Glaucoma treatment: a complex puzzle

Michael Chaglasian, Illinois College of Optometry, Chicago, and Eric Schmidt, OD, Omni Eye Specialists, Wilmington, NC, share guidance for ODs about diagnosing glaucoma during the 2022 Vision Expo West in Las Vegas.

Michael Chaglasian, MD, of Illinois College of Ophthalmology, Chicago, and Eric Schmidt, an OMNI ophthalmologist, Wilmington, NC, provided guidance for optometrists to properly diagnose glaucoma.

They emphasized that the key is to know the patient’s risk factors.

In clinical practice, identification of these patients begins with a risk factor assessment that includes a family history of glaucoma and the presence of diabetes mellitus and systemic hypertension.

family contribution

Chaglasian and Schmidt explained that primary open-angle glaucoma is a genetically multifactorial disease. The risk of developing glaucoma in an 80-year-old patient is about 10 times higher than in patients who have close relatives with glaucoma.

While having a family history is important, we hope that new research and advances in genetic testing for glaucoma will lead to a commercially available in-office test that collects DNA via a cheek swab. The laboratory results of the test will give the doctor and patient a risk analysis for the possibility of developing glaucoma in the future. Despite this tendency, other factors unrelated to heredity are closely related to the development of glaucoma.

diabetes component

Having diabetes is associated with about 1.35 times greater risk, than a meta-analysis of several population-based studies. While it is not a strong risk factor for developing open-angle glaucoma, some major studies have indicated that diabetes is a risk factor for developing glaucoma in those who already have the disease.

high systemic pressure

Glaucoma is not associated with high blood pressure (BP), and higher levels may be protective against glaucoma. Hypotension is a factor in ocular perfusion pressure, and the risk of glaucoma increases when ocular perfusion pressure is less than 50 to 55 mmHg.

Likewise, cardiovascular disease is not a typical risk factor for glaucoma.

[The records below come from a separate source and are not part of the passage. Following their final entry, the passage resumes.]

//! A dealer as a part of a flow.

use crate::dealer::Dealer;
use tn_base::OutOfMemory;
use tn_guess::Sketch;

impl Dealer {
    /// Lays the firm out: a node for each own trade, and for each pair an arc from its purchase to its sale. It fails
    /// only where memory runs out.
    pub fn outline(&self, sketch: &mut Sketch) -> Result<(), OutOfMemory> {
        let first = sketch.flow.add_nodes(self.trades);
        for k in 0..self.trades {
            sketch.end(k, first.wrapping_add(k), 0);
        }
        for pair in &self.pairs {
            let from = first.wrapping_add(pair.buy);
            let to = first.wrapping_add(pair.sell);
            sketch.flow.add_arc(from, to, 1, pair.cost)?;
        }
        Ok(())
    }
}
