//! The first pair that has the purchase and the sale of an earlier one.

ghost use Rattle.std.specs.Prelude.{◌<◌, ◌↔◌, length, All, IsTrue};
ghost use Rattle.tn_dealer.specs.Pairs.{IsNear, IsRepeated, GivesFirstRepeated};

use crate::pair::Pair;

/// The first repeated pair, None where there is none.
pub fn first_repeated(pairs: &[Pair]) -> Option<u32>
    requires { All IsNear pairs.now }
    ensures { GivesFirstRepeated pairs.now result }
{
    for k in 0..pairs.len() {
        if is_repeated(pairs, k) {
            return Some(k as u32);
        }
    }
    None
}

/// Whether the pair at a place has the purchase and the sale of an earlier one.
fn is_repeated(pairs: &[Pair], k: usize) -> bool
    requires { k < length pairs.now }
    ensures { IsTrue result ↔ IsRepeated pairs.now k }
{
    for j in 0..k {
        if pairs[j].buy == pairs[k].buy && pairs[j].sell == pairs[k].sell {
            return true;
        }
    }
    false
}
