//! A law of dealers: what a bundle is worth by matchings.

ghost use Rattle.tn_dealer.specs.MatchingLaw.{DealersMatch};

/// A dealer's bundle is worth minus the least sum of the costs of listed pairs that match its purchases one to one with
/// its sales; it is impossible where no listed pairs do. No trade is worth 0.
pub fn dealers_match()
    ensures { DealersMatch }
{}
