//! The search for a least matching: trades of one side are matched one at a time, each along a path of least cost (the
//! Hungarian method: Kuhn, 1955; Jonker and Volgenant, 1987). Nothing rests on it: what it finds is a certificate that
//! is tested.

ghost use Rattle.std.specs.Prelude.{◌<◌, ◌≤◌, IfSome};
ghost use Rattle.tn_market.specs.Widths.{most_own};

use crate::costs::{CELLS, POSITIONS, UNLISTED, place};
use crate::row::PathNumbers;
use tn_base::Bundle;

/// The mate of a trade that has none.
const NONE: usize = POSITIONS;

/// How far a trade is that isn't reached.
const FAR: i64 = i64::MAX;

/// How far that is in numbers: farther than any costs sum to, and so little that no sum of numbers wraps.
const UNREACHED: i64 = 1 << 60;

/// Who is matched with whom.
#[derive(Clone, Copy)]
pub(crate) struct Mates {
    /// The first side are the purchases, or the sales.
    by_sale: bool,
    /// For each trade of the second side that of the first.
    mates: [usize; POSITIONS],
}

/// What the search found. Where all trades are matched, `mates` has a trade of the first side for each trade of the
/// second side, and two numbers sum to at most the cost of a pair. Otherwise two numbers sum to at most 0 where a pair
/// is listed, and those of all trades to more.
#[derive(Drop)]
pub(crate) struct Certificate {
    pub(crate) matched: bool,
    pub(crate) numbers: [i64; POSITIONS],
    pub(crate) mates: Mates,
}

/// The path by which a toggled bundle is matched: how long it is, and who is matched with whom after it.
#[derive(Drop)]
pub(crate) struct Path {
    pub(crate) distance: i64,
    pub(crate) mates: Mates,
}

/// The matching so far, with a number for each position (a potential).
#[derive(Clone, Copy)]
struct Matching<'a> {
    costs: &'a [i32; CELLS],
    /// How many own trades there are: no other position is looked at.
    trades: usize,
    /// The first side are the purchases, or the sales.
    by_sale: bool,
    numbers: [i64; POSITIONS],
    /// For each trade of the second side that of the first.
    mates: [usize; POSITIONS],
    /// For each trade of the first side that of the second.
    mated: [usize; POSITIONS],
    ghost few: { trades ≤ most_own },
}

/// What can be reached from a trade of the first side by listed pairs and back by matched ones: how far each trade of
/// the second side is, by what costs exceed numbers, and from which one of the first side.
#[derive(Drop)]
struct Reach {
    seconds: Bundle,
    distances: [i64; POSITIONS],
    from: [usize; POSITIONS],
}

/// A matching of a bundle that has one trade more of the first side: all of the second side are matched, one of the
/// first is left, and how far the others are from it is known, so that each bundle with one trade toggled has a least
/// matching along one path.
#[derive(Drop)]
pub(crate) struct Spare<'a> {
    pub(crate) numbers: PathNumbers,
    firsts: Bundle,
    left: usize,
    matching: Matching<'a>,
    reach: Reach,
}

/// A certificate for the bundle `x`, which has as many purchases as sales, of a firm that has so many trades and buys
/// `buys`.
pub(crate) fn search(costs: &[i32; CELLS], trades: usize, x: Bundle, buys: Bundle) -> Certificate
    requires { trades ≤ most_own }
{
    let purchases = x.meet(buys);
    let sales = x.minus(buys);
    let mut matching = Matching::new(costs, trades, false);
    for b in 0..trades {
        if purchases.has(b as u32) {
            if let Some(reach) = matching.extend(b, sales) {
                return matching.unmatched(b, &reach);
            }
        }
    }
    matching.certificate()
}

/// More trades of one side than those of the other that they can be matched with.
fn unmatched(trades: usize, more: Bundle, fewer: Bundle) -> Certificate
    requires { trades ≤ most_own }
{
    let mut numbers = [0; POSITIONS];
    for k in 0..trades {
        if more.has(k as u32) {
            numbers[k] = 1;
        }
        if fewer.has(k as u32) {
            numbers[k] = -1;
        }
    }
    Certificate {
        matched: false,
        numbers,
        mates: Mates {
            by_sale: false,
            mates: [NONE; POSITIONS],
        },
    }
}

impl Mates {
    /// The purchase and the sale of the pair that a position of the second side is matched in; where it has no mate,
    /// one of them is no position.
    pub(crate) fn pair_at(&self, k: usize) -> (usize, usize)
        requires { k < most_own }
    {
        if self.by_sale {
            (k, self.mates[k])
        } else {
            (self.mates[k], k)
        }
    }
}

impl Reach {
    /// Nothing is reached.
    fn new() -> Reach {
        Reach {
            seconds: Bundle::empty(),
            distances: [FAR; POSITIONS],
            from: [NONE; POSITIONS],
        }
    }

    /// The trade that is nearest of so many, of those not taken yet, and how far it is.
    fn nearest(&self, trades: usize) -> Option<(usize, i64)>
        requires { trades ≤ most_own }
        ensures { IfSome result (λ found. found.0 < most_own) }
    {
        let mut nearest = None;
        let mut least = FAR;
        for s in 0..trades {
            if self.distances[s] < least && !self.seconds.has(s as u32) {
                least = self.distances[s];
                nearest = Some((s, least));
            }
        }
        nearest
    }
}

impl<'a> Matching<'a> {
    /// Nothing is matched.
    fn new(costs: &'a [i32; CELLS], trades: usize, by_sale: bool) -> Matching<'a>
        requires { trades ≤ most_own }
    {
        Matching {
            costs,
            trades,
            by_sale,
            numbers: [0; POSITIONS],
            mates: [NONE; POSITIONS],
            mated: [NONE; POSITIONS],
        }
    }

    /// The cost of a trade of the first side and one of the second.
    fn cost(&self, first: usize, second: usize) -> i32
        requires first { first < most_own }
        requires second { second < most_own }
    {
        if self.by_sale {
            self.costs[place(second, first)]
        } else {
            self.costs[place(first, second)]
        }
    }

    /// The certificate of a bundle whose trades are all matched.
    fn certificate(&self) -> Certificate {
        Certificate {
            matched: true,
            numbers: self.numbers,
            mates: self.paired(),
        }
    }

    /// Who is matched with whom.
    fn paired(&self) -> Mates {
        Mates {
            by_sale: self.by_sale,
            mates: self.mates,
        }
    }

    /// The numbers after a path that is longer than all others, of the firm's trades: those of the second side have
    /// risen by how far they are, and those of the first side have fallen as much as their mates' have risen.
    fn far(&self, reach: &Reach, seconds: Bundle) -> [i64; POSITIONS] {
        let mut far = self.numbers;
        for s in 0..self.trades {
            if seconds.has(s as u32) {
                let distance = reach.distances[s].min(UNREACHED);
                far[s] = far[s].wrapping_add(distance);
                let first = self.mates[s];
                if first < POSITIONS {
                    far[first] = far[first].wrapping_sub(distance);
                }
            }
        }
        far
    }

    /// The certificate of a bundle that has more trades of the first side than those of the second that can be reached
    /// from `left`.
    fn unmatched(&self, left: usize, reach: &Reach) -> Certificate
        requires { left < most_own }
    {
        let mut more = Bundle::empty().toggle(left as u32);
        for s in 0..self.trades {
            let first = self.mates[s];
            if reach.seconds.has(s as u32) && first < POSITIONS {
                more = more.toggle(first as u32);
            }
        }
        unmatched(self.trades, more, reach.seconds)
    }

    /// Takes a trade of the second side in, with the highest number that exceeds no cost with these of the first.
    fn admit(&mut self, second: usize, firsts: Bundle)
        requires { second < most_own }
    {
        let mut number = FAR;
        for first in 0..self.trades {
            if firsts.has(first as u32) {
                let cost = self.cost(first, second);
                if cost < UNLISTED {
                    number = number.min(i64::from(cost).wrapping_sub(self.numbers[first]));
                }
            }
        }
        self.numbers[second] = if number < FAR { number } else { 0 };
    }

    /// Gives a trade of the first side the highest number that exceeds no cost with these of the second.
    fn raise(&mut self, first: usize, seconds: Bundle)
        requires { first < most_own }
    {
        let mut number = FAR;
        for second in 0..self.trades {
            if seconds.has(second as u32) {
                let cost = self.cost(first, second);
                if cost < UNLISTED {
                    number = number.min(i64::from(cost).wrapping_sub(self.numbers[second]));
                }
            }
        }
        self.numbers[first] = if number < FAR { number } else { 0 };
    }

    /// Matches one trade of the first side more, with one of the second side more. Where that can't be, it hands back
    /// what is reached.
    fn extend(&mut self, left: usize, seconds: Bundle) -> Option<Reach>
        requires { left < most_own }
    {
        let mut reach = Reach::new();
        let mut first = left;
        let mut so_far = 0;
        for _ in 0..=POSITIONS {
            self.look(&mut reach, first, so_far, seconds);
            let Some((s, distance)) = reach.nearest(self.trades) else {
                return Some(reach);
            };
            if self.mates[s] >= POSITIONS {
                self.shift(&reach, left, distance);
                self.rematch(&reach, s);
                return None;
            }
            reach.seconds = reach.seconds.toggle(s as u32);
            first = self.mates[s];
            so_far = distance;
        }
        Some(reach)
    }

    /// What is reached from a trade of the first side, as far as it goes.
    fn reach(&self, left: usize, seconds: Bundle) -> Reach {
        let mut reach = Reach::new();
        let mut first = left;
        let mut so_far = 0;
        for _ in 0..=POSITIONS {
            self.look(&mut reach, first, so_far, seconds);
            let Some((s, distance)) = reach.nearest(self.trades) else {
                return reach;
            };
            reach.seconds = reach.seconds.toggle(s as u32);
            first = self.mates[s];
            so_far = distance;
        }
        reach
    }

    /// Looks from a trade of the first side, which is so far away, at those of the second.
    fn look(&self, reach: &mut Reach, first: usize, so_far: i64, seconds: Bundle) {
        if first >= POSITIONS {
            return;
        }
        let rest = seconds.minus(reach.seconds);
        let base = so_far.wrapping_sub(self.numbers[first]);
        for s in 0..self.trades {
            if rest.has(s as u32) {
                let cost = self.cost(first, s);
                let distance = base
                    .wrapping_add(i64::from(cost))
                    .wrapping_sub(self.numbers[s]);
                if cost < UNLISTED && distance < reach.distances[s] {
                    reach.distances[s] = distance;
                    reach.from[s] = first;
                }
            }
        }
    }

    /// Raises the numbers of what is reached of the first side within a distance, by what is left of it, and lowers
    /// those of the second.
    fn shift(&mut self, reach: &Reach, left: usize, within: i64)
        requires { left < most_own }
    {
        self.numbers[left] = self.numbers[left].wrapping_add(within);
        for s in 0..self.trades {
            if reach.distances[s] < within {
                let by = within.wrapping_sub(reach.distances[s]);
                self.numbers[s] = self.numbers[s].wrapping_sub(by);
                let first = self.mates[s];
                if first < POSITIONS {
                    self.numbers[first] = self.numbers[first].wrapping_add(by);
                }
            }
        }
    }

    /// Matches the trade of the second side with that of the first that it was reached from, that one's mate with the
    /// one before, and so on.
    fn rematch(&mut self, reach: &Reach, second: usize) {
        let mut s = second;
        for _ in 0..self.trades {
            if s < POSITIONS {
                let first = reach.from[s] % POSITIONS;
                let before = self.mated[first];
                self.mates[s] = first;
                self.mated[first] = s;
                s = before;
            }
        }
    }
}

impl<'a> Spare<'a> {
    /// The matching of the bundle `x` of a firm that has so many trades and buys `buys`, and how far the others are, the
    /// wanted ones of the second side among them; None where no such matching is found.
    pub(crate) fn of(
        costs: &'a [i32; CELLS],
        trades: usize,
        x: Bundle,
        buys: Bundle,
        wanted: Bundle,
    ) -> Option<Spare<'a>>
        requires { trades ≤ most_own }
    {
        let purchases = x.meet(buys);
        let sales = x.minus(buys);
        let others = wanted.minus(x);
        if purchases.count() == sales.count() + 1 {
            Spare::between(
                Matching::new(costs, trades, false),
                purchases,
                sales,
                others.minus(buys),
            )
        } else if sales.count() == purchases.count() + 1 {
            Spare::between(
                Matching::new(costs, trades, true),
                sales,
                purchases,
                others.meet(buys),
            )
        } else {
            None
        }
    }

    /// Matches all of the second side, and looks how far they and the others of this side are.
    fn between(
        empty: Matching<'a>,
        firsts: Bundle,
        seconds: Bundle,
        others: Bundle,
    ) -> Option<Spare<'a>> {
        let trades = empty.trades;
        let mut matching = empty;
        let mut left = NONE;
        for first in 0..trades {
            if firsts.has(first as u32) {
                if let Some(_reach) = matching.extend(first, seconds) {
                    if left < POSITIONS {
                        return None;
                    }
                    left = first;
                }
            }
        }
        for k in 0..trades {
            if others.has(k as u32) {
                matching.admit(k, firsts);
            }
        }
        let seconds = seconds.union(others);
        if left < POSITIONS {
            matching.raise(left, seconds);
        }
        let reach = matching.reach(left, seconds);
        let numbers = PathNumbers {
            within: firsts.union(seconds),
            bought_rise: matching.by_sale,
            near: matching.numbers,
            far: matching.far(&reach, seconds),
        };
        Some(Spare {
            numbers,
            firsts,
            left,
            matching,
            reach,
        })
    }

    /// The path for the bundle with position `k` toggled, which is one of the first side in the bundle, or one of the
    /// second that was wanted.
    pub(crate) fn toggled(&self, k: usize) -> Path
        requires { k < most_own }
    {
        let end = if self.firsts.has(k as u32) && k != self.left {
            self.matching.mated[k] % POSITIONS
        } else {
            k
        };
        let distance = self.reach.distances[end];
        if k == self.left || distance == FAR {
            return Path {
                distance: if k == self.left { 0 } else { UNREACHED },
                mates: self.matching.paired(),
            };
        }
        let mut matching = self.matching;
        matching.rematch(&self.reach, end);
        Path {
            distance,
            mates: matching.paired(),
        }
    }
}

Clinicians should be aware that rosuvastatin (Crestor, AstraZeneca), a statin, increased the risk of open-angle glaucoma in a few early studies. Statins are not involved in the onset of glaucoma.

When do you get treated?

This is not as simple as treating everyone with intraocular pressure (IOP) over 21 mmHg. Treatment is deferred in patients considered low-risk until there is evidence of glaucoma damage on optical coherence tomography images or on a visual field test.

In patients with significant risk factors, clinicians may decide on treatment early, before any structural or functional changes occur.

This predicament can be resolved by classifying those who should be treated as those with a positive family history and an elevated IOP; those who should not be treated as those with normal images and younger ages; and those with mixed results of suspicious optic nerve, central corneal thickness of 570 μm, and those with unreliable visual fields.

Physicians are advised to follow the Ocular Hypertension Treatment Study Guidelines in Patients with Suspected Glaucoma ranging from 21 to 30 mmHg with normal appearance or suspicious optic nerves but no definitive changes, such as visual field defects and some risk factors, as follows Patients at risk are those with an IOP greater than 22 mm Hg and a central corneal thickness less than 555 μm. Patients with ocular hypertension should generally receive topical medications for a 25% to 30% reduction in IOP.

Treatment decisions vary for different patients with IOPs less than 21 mmHg. Physicians are advised to follow up with patients every 3 to 6 months and to repeat imaging, visual fields, and intraocular pressure measurements. Another option may be to initiate treatment for patients with 3 or more risk factors: a cup-to-disc ratio of 0.8 or more with asymmetric optic nerve heads, African-American heritage, diabetes, suspected field defects and fluctuating IOP values.

Treatment is generally required in those with ocular hypertension and IOP greater than 30 mmHg, the exception being those with a central corneal thickness of more than 600 μm. Of course, any patient has changes in the glaucoma optic nerve. Very distinctive and reliable OCT images, with characteristics of glaucoma; Definite vision loss must be treated.

Chaglasian and Schmidt emphasized that “the diagnosis of glaucoma can be complex, and a step-by-step, structured approach is best.”